In the meantime, the rhetoric of the relationship that was brittle earlier, has calmed down since Sept. 11, and constant relations at the highest level have been maintained despite some serious issues on Taiwan, especially sophisticated arms sales to Taiwan and the visits of Taiwan's high ranking defense officials to the U.S.
Visits by China's leaders to countries considered to be supporting terrorism also created question marks in the U.S. By becoming a member of the World Trade Organization (WTO), China appears to have become more and more a conservative member of the regional and international community by willing to abide by international rules as well as the regional order and institutions, which bodes well for future relations with the US.
The changes in the Asia-Pacific region due to Sept. 11 are among others:
U.S. leadership is becoming more assertive in the Asia-Pacific region after being somewhat dormant since the end of the Cold War. What this will mean to the region is still unclear, because how this administration is going to change things will be decisive: Will this new leadership be more positive towards cooperation and more multilaterally inclined due to the need for coalition building in the war on terror. There is hope that the U.S. wants to become more patient to give breathing room to some countries, particularly in Southeast Asia, to face global terrorism on their own terms, since the priorities are varied and domestic complications are understood.
On North Asia, America's more assertive leadership could be a problem in relation to North Korea, but this has to be settled between the two countries themselves. In relation to China's ascendancy, the U.S. might be prone to misinterpreting it, although it might not be at all a Chinese problem. So, in North East Asia while the existing relations might be maintained, a more assertive U.S., might bring about new tensions. But a more multilateralist attitude on the part of the U.S. might alleviate some of the existing tensions.
Regional efforts to face global terrorism will be important. First, this is more palatable for domestic constituencies in individual countries and helps alleviate pressure from the U.S. to do some of the things that are not necessarily a top priority for individual countries or the region or sub-region. Regional cooperation will be more important if the U.S. becomes more unilateral in its approach in the future. The request by the U.S. to cooperate against global terrorism will put additional pressure on regional institutions to get their act together.

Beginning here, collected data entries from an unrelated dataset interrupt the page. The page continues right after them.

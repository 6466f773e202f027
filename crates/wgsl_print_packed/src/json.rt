//! Texts and spans as JSON.

ghost use Rattle.std.specs.Prelude.{ℕ, ◌≡◌, ◌≢◌, ◌++◌, ◌<◌, true, false, length, slice_index, OnOk, MatchOption};
ghost use Rattle.std.specs.Fmt.{digit_glyph};
ghost use Rattle.wgsl_model_packed.specs.Json.{escaped, escaped_byte, span_json};
ghost use Rattle.wgsl_print_packed.specs.Escapes.{is_escaped, IsPlainTo, IsEscapeAt};

use itoa::Buffer;
use std::alloc::AllocError;

/// Writes where a span starts and ends.
pub(crate) fn write_span(start: u64, end: u64, out: &mut Vec<u8>) -> Result<(), AllocError>
    ensures { OnOk result (out.new.items ≡ out.old.items ++ span_json (record { start = start; end = end })) }
{
    let mut buffer = Buffer::new();
    out.push(b'[')?;
    out.extend_from_slice(buffer.format(start).as_bytes())?;
    out.push(b',')?;
    out.extend_from_slice(buffer.format(end).as_bytes())?;
    out.push(b']')?;
    Ok(())
}

/// Writes a text with the escapes of JSON.
pub(crate) fn write_escaped(text: &[u8], out: &mut Vec<u8>) -> Result<(), AllocError>
    ensures { OnOk result (out.new.items ≡ out.old.items ++ escaped text.now) }
{
    let mut left = text;
    'escapes: while let Some(at) = escape(left) {
        out.extend_from_slice(&left[..at])?;
        write_escape(left[at], out)?;
        left = &left[at + 1..];
    }
    out.extend_from_slice(left)?;
    Ok(())
}

/// Returns where the first byte with an escape is.
fn escape(text: &[u8]) -> Option<usize>
    ensures { MatchOption result (IsPlainTo text.now (length text.now)) (λ at.
        IsEscapeAt text.now at) }
{
    'bytes: for i in 0..text.len() {
        if is_escaped(text[i]) {
            return Some(i);
        }
    }
    None
}

/// Returns whether a byte has an escape.
fn is_escaped(byte: u8) -> bool
    ensures { result ≡ is_escaped byte }
{
    byte < 32 || byte == b'"' || byte == b'\\'
}

/// Writes the escape of a byte.
fn write_escape(byte: u8, out: &mut Vec<u8>) -> Result<(), AllocError>
    requires { is_escaped byte ≡ true }
    ensures { OnOk result (out.new.items ≡ out.old.items ++ escaped_byte byte) }
{
    match byte {
        b'"' => out.extend_from_slice(b"\\\""),
        b'\\' => out.extend_from_slice(b"\\\\"),
        _ => out.extend_from_slice(&[b'\\', b'u', b'0', b'0', digit(byte / 16), digit(byte % 16)]),
    }
}

/// Returns a hexadecimal digit.
fn digit(value: u8) -> u8
    requires { value < 16 }
    ensures { result ≡ digit_glyph false value }
{
    if value < 10 {
        b'0' + value
    } else {
        b'a' + (value - 10)
    }
}
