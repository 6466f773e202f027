//! The shortest text of a source, from its tokens.

ghost use Rattle.std.specs.Prelude.{◌≡◌, chars, string_bytes, IfOk};
ghost use Rattle.wgsl_model.specs.Tokens.TokenList.{IsTokenList};
ghost use Rattle.wgsl_lexer.specs.TextTokens.{tokens_left, ending_left};
ghost use Rattle.wgsl_model_short.specs.Shortest as model;

use crate::spaces::gap;
use std::alloc::{AllocError, Global};
use wgsl_lex_token::kind::TokenKind;
use wgsl_lexer::TextTokens;

/// The shortest text of a source with these tokens.
pub(crate) fn shortest(
    alloc: Global,
    source: &str,
    tokens: TextTokens,
) -> Result<String, AllocError>
    requires { IsTokenList (chars source.now) (tokens_left tokens) (ending_left tokens) }
    ensures { IfOk result (λ text. chars (string_bytes text)
        ≡ model.shortest (chars source.now) (tokens_left tokens.entry)) }
{
    let mut tokens = tokens;
    let mut text = String::with_capacity(alloc, source.len())?;
    let mut last = TokenKind::SymSemicolon;
    'tokens: while let (Some(kind), Some(span)) = (tokens.kind(), tokens.span()) {
        let token = &source[span.start..span.end];
        text.push_str(gap(last, token))?;
        text.push_str(token)?;
        last = kind;
        tokens.skip();
    }
    Ok(text)
}
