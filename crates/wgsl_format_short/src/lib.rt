//! The shortest text of a module.
#![tactic(auto)]

mod minified;
mod numbers;
mod shortened;
mod shortest;
mod source;
mod spaces;

pub use minified::minify_print;
pub use shortened::{shorten, shorten_within};
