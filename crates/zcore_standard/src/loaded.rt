//! What loading fixes for all turns.

ghost use Rattle.std.specs.Prelude.{◌≡◌, MatchOption, Some, None};
ghost use Rattle.std.specs.Option.{is_some, option_map};
ghost use Rattle.zcore_standard.specs.Texts.{alphabets_of};

use std::marker::Model;
use zcore::StandardState;

/// The three alphabets of a story that has none of its own (Z-Machine Standards Document 1.1, section
/// 3.5.3). In the third, the first two places stand for an escape and a new line.
static DEFAULT_ALPHABETS: [u8; 78] =
    *b"abcdefghijklmnopqrstuvwxyzABCDEFGHIJKLMNOPQRSTUVWXYZ\0\r0123456789.,!?_#'\"/\\-:()";

/// What loading a story fixes for all its turns.
#[derive(Drop)]
pub struct Loaded {
    dynamic: Vec<u8>,
    dice: StandardState,
    is_sum_right: bool,
    characters: Vec<u16>,
    own_alphabets: Option<[u8; 78]>,
    saves: Option<Vec<u8>>,
    has_transcript: bool,
}

impl Model for Loaded {
    ghost use Rattle.std.specs.Option.{option_map};
    ghost use Rattle.zcore_standard.specs.Loaded as definitions;

    ghost Value = { definitions.Loaded };

    ghost view = { λ l. record {
      dynamic = l.dynamic.items;
      dice = l.dice;
      is_sum_right = l.is_sum_right;
      characters = l.characters.items;
      own_alphabets = l.own_alphabets;
      saves = option_map (λ m. m.items) l.saves;
      has_transcript = l.has_transcript;
    } };
}

impl Loaded {
    /// What loading fixes: dynamic memory, window and dice, whether the file has the sum that its
    /// header states, the Unicode characters of the ZSCII codes from 155 on, the story's own alphabets,
    /// if it has them, dynamic memory as the file has it, if the player has save files, and whether the
    /// player writes a transcript.
    pub fn new(
        dynamic: Vec<u8>,
        dice: StandardState,
        is_sum_right: bool,
        characters: Vec<u16>,
        own_alphabets: Option<[u8; 78]>,
        saves: Option<Vec<u8>>,
        has_transcript: bool,
    ) -> Loaded
        ensures { result ≡ record {
          dynamic = dynamic.items;
          dice = dice;
          is_sum_right = is_sum_right;
          characters = characters.items;
          own_alphabets = own_alphabets;
          saves = option_map (λ m. m.items) saves;
          has_transcript = has_transcript;
        } }
    {
        Loaded {
            dynamic,
            dice,
            is_sum_right,
            characters,
            own_alphabets,
            saves,
            has_transcript,
        }
    }

    /// Whether the player writes a transcript.
    pub fn has_transcript(&self) -> bool
        ensures { result ≡ self.now.has_transcript }
    {
        self.has_transcript
    }

    /// The dynamic memory of the story's file, where the player has save files.
    pub fn saves(&self) -> Option<&[u8]>
        ensures { MatchOption result (self.now.saves ≡ None)
            (λ memory. self.now.saves ≡ Some memory.now) }
    {
        match &self.saves {
            Some(memory) => Some(memory.as_slice()),
            None => None,
        }
    }

    /// Dynamic memory as it was loaded, the header included.
    pub fn dynamic(&self) -> &[u8]
        ensures { result.now ≡ self.now.dynamic }
    {
        &self.dynamic
    }

    /// The window and the dice as the story finds them when it begins.
    pub fn dice(&self) -> StandardState
        ensures { result ≡ self.now.dice }
    {
        self.dice
    }

    /// Whether the file has the sum that its header states.
    pub fn is_sum_right(&self) -> bool
        ensures { result ≡ self.now.is_sum_right }
    {
        self.is_sum_right
    }

    /// The Unicode characters of the ZSCII codes from 155 on.
    pub fn characters(&self) -> &[u16]
        ensures { result.now ≡ self.now.characters }
    {
        &self.characters
    }

    /// The three alphabets of the story's own, of 26 ZSCII codes each, if it has them.
    pub fn own_alphabets(&self) -> Option<&[u8; 78]>
        ensures { MatchOption result (self.now.own_alphabets ≡ None)
            (λ alphabets. self.now.own_alphabets ≡ Some alphabets.now) }
    {
        match &self.own_alphabets {
            Some(alphabets) => Some(alphabets),
            None => None,
        }
    }

    /// Whether the story has alphabets of its own.
    pub fn has_own_alphabets(&self) -> bool
        ensures { result ≡ is_some self.now.own_alphabets }
    {
        self.own_alphabets.is_some()
    }

    /// The three alphabets: the story's own, or the default ones.
    pub fn alphabets(&self) -> &[u8; 78]
        ensures { result.now ≡ alphabets_of self.now }
    {
        match &self.own_alphabets {
            Some(alphabets) => alphabets,
            None => &DEFAULT_ALPHABETS,
        }
    }
}
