//! The operations that the profile does not have.

/// What an opcode of versions 5 and 8 does that the profile does not have, or `aread`, which the
/// profile knows with two operands only (Z-Machine Standards Document 1.1, section 15).
#[derive(Clone, Copy, Debug, PartialEq, Eq)]
pub enum StandardOperation {
    /// `restart`: the story begins again.
    Restart,
    /// `catch`: the number of the running routine's frame, for `throw`.
    Catch,
    /// `show_status`, which does nothing.
    ShowStatus,
    /// `verify`: a branch if the file has the sum that its header states.
    Verify,
    /// `piracy`: a branch that is always made.
    Piracy,
    /// `set_colour`, which does nothing.
    SetColour,
    /// `throw`: a return from the routine of a frame that `catch` numbered.
    Throw,
    /// `aread` with one to four operands: waits for a line.
    Read,
    /// `random`: a number from the dice, or what they go on with.
    Random,
    /// `split_window`: erases the upper window where it gets no lines.
    SplitWindow,
    /// `set_window`: selects a window.
    SetWindow,
    /// `erase_window`: erases the upper window.
    EraseWindow,
    /// `erase_line`, which does nothing.
    EraseLine,
    /// `set_cursor`: the place in the upper window where text goes on.
    SetCursor,
    /// `get_cursor`: the row and the column of the cursor.
    GetCursor,
    /// `set_text_style`, which does nothing.
    SetTextStyle,
    /// `buffer_mode`, which does nothing.
    BufferMode,
    /// `output_stream`: the transcript is always written, stream 3 goes to a table.
    OutputStream,
    /// `input_stream`, which does nothing.
    InputStream,
    /// `sound_effect`, which does nothing.
    SoundEffect,
    /// `read_char` with up to three operands: waits for a key.
    ReadChar,
    /// `scan_table`: searches a table for a word or a byte.
    ScanTable,
    /// `tokenise`: cuts a text into the words of a dictionary.
    Tokenise,
    /// `encode_text`: a text as a key of a dictionary.
    EncodeText,
    /// `copy_table`: copies bytes or clears them.
    CopyTable,
    /// `print_table`: prints rows of characters.
    PrintTable,
    /// `save`, which fails.
    Save,
    /// `restore`, which fails.
    Restore,
    /// `log_shift`: shifts a word.
    LogShift,
    /// `art_shift`: shifts a word, and keeps its sign.
    ArtShift,
    /// `set_font`: only the normal font is there.
    SetFont,
    /// `save_undo`, which says that there is no undo.
    SaveUndo,
    /// `restore_undo`, which fails.
    RestoreUndo,
    /// `print_unicode`: prints a character.
    PrintUnicode,
    /// `check_unicode`: whether a character can be printed and typed.
    CheckUnicode,
    /// `set_true_colour`, which does nothing.
    SetTrueColour,
}

/// What an opcode does in versions up to 4 and no longer from version 5 on (Z-Machine Standards Document
/// 1.1, section 15).
#[derive(Clone, Copy, Debug, PartialEq, Eq)]
pub enum OlderOperation {
    /// `not` with an opcode of one operand.
    Not,
    /// `pop`: drops the top of the stack.
    Pop,
    /// `save`, which fails.
    Save,
    /// `restore`, which fails.
    Restore,
    /// `sread`: waits for a line.
    Read,
}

Each of the countries in the Asia-Pacific region has to reconcile its own priorities with the need to fight global terrorism. In most cases, U.S. support might be important, especially cooperating and supporting in the fields of intelligence, police work and money-laundering. Consolidating each society should be the main task of individual countries, especially Muslim ones. They have the difficult, but critical, task to influence political Islam to become moderate, open and democratic.
In the end, the struggle is really for ideas and visions. In this case, Sept. 11 has also been a wake-up call for many Muslim countries as well. Their challenge is to transform Islam into a religion of peace, moderation, openness, and democratic values, and to make the world understand and accept it. So, there is a new challenge for every individual country after Sept. 11, namely to keep their country together, keep them peaceful and developing well and to be able to withstand extremist ideas and religions.
The article is an extract from Jusuf Wanandi's paper for the Asia Pacific Roundtable on June 3, in Kuala Lumpur.